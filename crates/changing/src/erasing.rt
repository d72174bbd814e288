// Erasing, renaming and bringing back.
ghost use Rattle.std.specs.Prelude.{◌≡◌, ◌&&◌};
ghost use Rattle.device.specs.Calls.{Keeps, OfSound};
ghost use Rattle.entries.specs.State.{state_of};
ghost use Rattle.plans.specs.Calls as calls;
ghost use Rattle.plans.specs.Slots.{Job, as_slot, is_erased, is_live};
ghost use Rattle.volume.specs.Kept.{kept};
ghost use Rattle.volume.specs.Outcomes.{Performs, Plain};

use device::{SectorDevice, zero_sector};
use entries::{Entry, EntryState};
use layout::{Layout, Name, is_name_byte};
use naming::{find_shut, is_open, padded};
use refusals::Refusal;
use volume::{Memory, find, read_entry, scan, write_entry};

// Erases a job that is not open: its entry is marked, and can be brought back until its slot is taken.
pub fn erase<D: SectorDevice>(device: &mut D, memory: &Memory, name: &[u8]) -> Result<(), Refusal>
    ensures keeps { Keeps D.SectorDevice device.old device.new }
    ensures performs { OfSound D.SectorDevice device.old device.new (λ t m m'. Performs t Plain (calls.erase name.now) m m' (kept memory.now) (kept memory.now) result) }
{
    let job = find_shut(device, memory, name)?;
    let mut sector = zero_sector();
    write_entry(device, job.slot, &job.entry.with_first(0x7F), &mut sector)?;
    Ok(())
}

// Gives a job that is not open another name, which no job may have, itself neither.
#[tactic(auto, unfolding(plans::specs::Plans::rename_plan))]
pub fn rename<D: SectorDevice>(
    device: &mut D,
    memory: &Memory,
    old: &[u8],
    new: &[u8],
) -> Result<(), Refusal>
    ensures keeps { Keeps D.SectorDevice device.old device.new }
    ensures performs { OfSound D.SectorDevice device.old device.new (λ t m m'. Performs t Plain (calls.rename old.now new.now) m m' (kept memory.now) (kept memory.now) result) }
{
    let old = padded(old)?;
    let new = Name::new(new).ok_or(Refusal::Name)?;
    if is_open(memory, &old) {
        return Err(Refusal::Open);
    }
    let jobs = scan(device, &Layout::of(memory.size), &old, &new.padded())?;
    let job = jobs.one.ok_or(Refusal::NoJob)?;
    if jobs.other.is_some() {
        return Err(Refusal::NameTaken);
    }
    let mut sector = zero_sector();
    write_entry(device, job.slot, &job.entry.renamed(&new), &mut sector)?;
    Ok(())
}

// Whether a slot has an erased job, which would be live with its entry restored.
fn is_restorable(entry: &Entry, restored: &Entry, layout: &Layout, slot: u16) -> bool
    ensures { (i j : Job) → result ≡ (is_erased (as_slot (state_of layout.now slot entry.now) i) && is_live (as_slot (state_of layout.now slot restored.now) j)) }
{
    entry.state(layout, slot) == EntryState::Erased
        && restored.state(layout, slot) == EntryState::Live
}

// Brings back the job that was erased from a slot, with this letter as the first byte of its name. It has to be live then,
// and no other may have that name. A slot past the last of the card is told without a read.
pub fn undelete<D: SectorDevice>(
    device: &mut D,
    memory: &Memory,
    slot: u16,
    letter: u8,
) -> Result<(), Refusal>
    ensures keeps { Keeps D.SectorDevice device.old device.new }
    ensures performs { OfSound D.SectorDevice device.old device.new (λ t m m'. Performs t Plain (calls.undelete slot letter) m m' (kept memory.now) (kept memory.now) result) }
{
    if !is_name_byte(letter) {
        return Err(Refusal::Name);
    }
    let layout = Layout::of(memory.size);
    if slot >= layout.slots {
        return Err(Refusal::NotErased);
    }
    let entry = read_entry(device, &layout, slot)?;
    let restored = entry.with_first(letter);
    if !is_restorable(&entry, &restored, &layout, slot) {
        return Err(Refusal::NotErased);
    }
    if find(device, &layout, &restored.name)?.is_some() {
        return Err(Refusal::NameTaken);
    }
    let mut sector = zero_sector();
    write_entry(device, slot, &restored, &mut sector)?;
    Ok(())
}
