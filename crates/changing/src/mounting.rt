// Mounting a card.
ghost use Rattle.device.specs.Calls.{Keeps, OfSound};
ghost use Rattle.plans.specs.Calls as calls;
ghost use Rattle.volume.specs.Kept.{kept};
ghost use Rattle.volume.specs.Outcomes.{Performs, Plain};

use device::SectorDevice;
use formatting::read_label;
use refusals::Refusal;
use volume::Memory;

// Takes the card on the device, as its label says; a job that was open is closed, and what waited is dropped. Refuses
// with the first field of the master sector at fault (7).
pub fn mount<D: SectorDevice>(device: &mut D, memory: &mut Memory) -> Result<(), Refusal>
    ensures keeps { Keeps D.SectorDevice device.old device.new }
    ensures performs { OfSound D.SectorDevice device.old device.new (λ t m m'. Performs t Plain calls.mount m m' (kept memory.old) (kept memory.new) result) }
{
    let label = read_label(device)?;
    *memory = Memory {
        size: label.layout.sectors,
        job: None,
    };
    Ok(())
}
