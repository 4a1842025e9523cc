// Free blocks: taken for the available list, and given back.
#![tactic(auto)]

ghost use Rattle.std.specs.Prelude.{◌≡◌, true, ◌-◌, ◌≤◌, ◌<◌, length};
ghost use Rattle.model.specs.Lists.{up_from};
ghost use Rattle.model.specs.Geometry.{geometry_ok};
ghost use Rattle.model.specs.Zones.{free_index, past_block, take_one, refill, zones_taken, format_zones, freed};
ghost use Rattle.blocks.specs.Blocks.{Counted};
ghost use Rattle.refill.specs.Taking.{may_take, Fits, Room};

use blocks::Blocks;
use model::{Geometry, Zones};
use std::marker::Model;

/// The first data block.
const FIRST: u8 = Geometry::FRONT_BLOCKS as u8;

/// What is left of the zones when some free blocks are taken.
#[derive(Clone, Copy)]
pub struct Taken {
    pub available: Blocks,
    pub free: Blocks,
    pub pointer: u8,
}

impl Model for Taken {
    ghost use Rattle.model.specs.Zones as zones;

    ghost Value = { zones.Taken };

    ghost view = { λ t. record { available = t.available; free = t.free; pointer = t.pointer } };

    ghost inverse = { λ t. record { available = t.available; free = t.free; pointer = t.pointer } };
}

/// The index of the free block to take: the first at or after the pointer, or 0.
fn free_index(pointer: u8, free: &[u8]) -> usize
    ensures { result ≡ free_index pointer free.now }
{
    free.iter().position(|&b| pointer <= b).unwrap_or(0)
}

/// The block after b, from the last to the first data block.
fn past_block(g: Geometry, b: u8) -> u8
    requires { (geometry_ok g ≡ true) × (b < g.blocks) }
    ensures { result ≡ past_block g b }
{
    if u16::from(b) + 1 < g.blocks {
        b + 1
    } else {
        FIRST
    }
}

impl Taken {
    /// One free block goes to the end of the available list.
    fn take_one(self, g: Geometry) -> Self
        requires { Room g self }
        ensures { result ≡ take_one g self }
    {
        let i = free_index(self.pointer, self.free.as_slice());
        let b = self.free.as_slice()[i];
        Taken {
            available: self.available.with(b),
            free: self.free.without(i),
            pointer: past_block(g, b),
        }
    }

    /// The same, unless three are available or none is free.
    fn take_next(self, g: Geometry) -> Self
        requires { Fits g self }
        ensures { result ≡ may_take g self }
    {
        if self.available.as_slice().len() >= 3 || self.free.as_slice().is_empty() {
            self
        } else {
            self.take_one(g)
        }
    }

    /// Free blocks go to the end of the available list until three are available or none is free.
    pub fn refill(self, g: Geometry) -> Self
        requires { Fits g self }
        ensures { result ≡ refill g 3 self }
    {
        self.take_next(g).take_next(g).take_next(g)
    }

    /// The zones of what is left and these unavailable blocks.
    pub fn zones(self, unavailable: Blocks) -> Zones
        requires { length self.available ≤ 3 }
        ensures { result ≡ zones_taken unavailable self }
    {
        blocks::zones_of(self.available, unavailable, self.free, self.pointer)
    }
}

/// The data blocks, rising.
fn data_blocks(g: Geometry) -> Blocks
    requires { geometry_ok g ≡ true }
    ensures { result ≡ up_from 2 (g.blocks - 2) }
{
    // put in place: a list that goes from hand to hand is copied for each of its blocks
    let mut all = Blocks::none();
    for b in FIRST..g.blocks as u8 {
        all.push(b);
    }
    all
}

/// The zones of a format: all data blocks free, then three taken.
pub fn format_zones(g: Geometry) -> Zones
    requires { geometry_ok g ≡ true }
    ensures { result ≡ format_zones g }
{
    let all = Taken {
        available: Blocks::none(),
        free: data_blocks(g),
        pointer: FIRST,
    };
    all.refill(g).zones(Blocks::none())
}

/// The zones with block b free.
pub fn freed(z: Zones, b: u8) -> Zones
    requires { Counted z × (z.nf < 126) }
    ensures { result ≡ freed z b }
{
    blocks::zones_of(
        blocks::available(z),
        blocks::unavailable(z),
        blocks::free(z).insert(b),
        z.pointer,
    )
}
..............................
DESCRIPTION OF THE TASK:
Which lines above hold the string "goes"? Show each of them.

EXERCISE OUTPUT:
    /// One free block goes to the end of the available list.
    // put in place: a list that goes from hand to hand is copied for each of its blocks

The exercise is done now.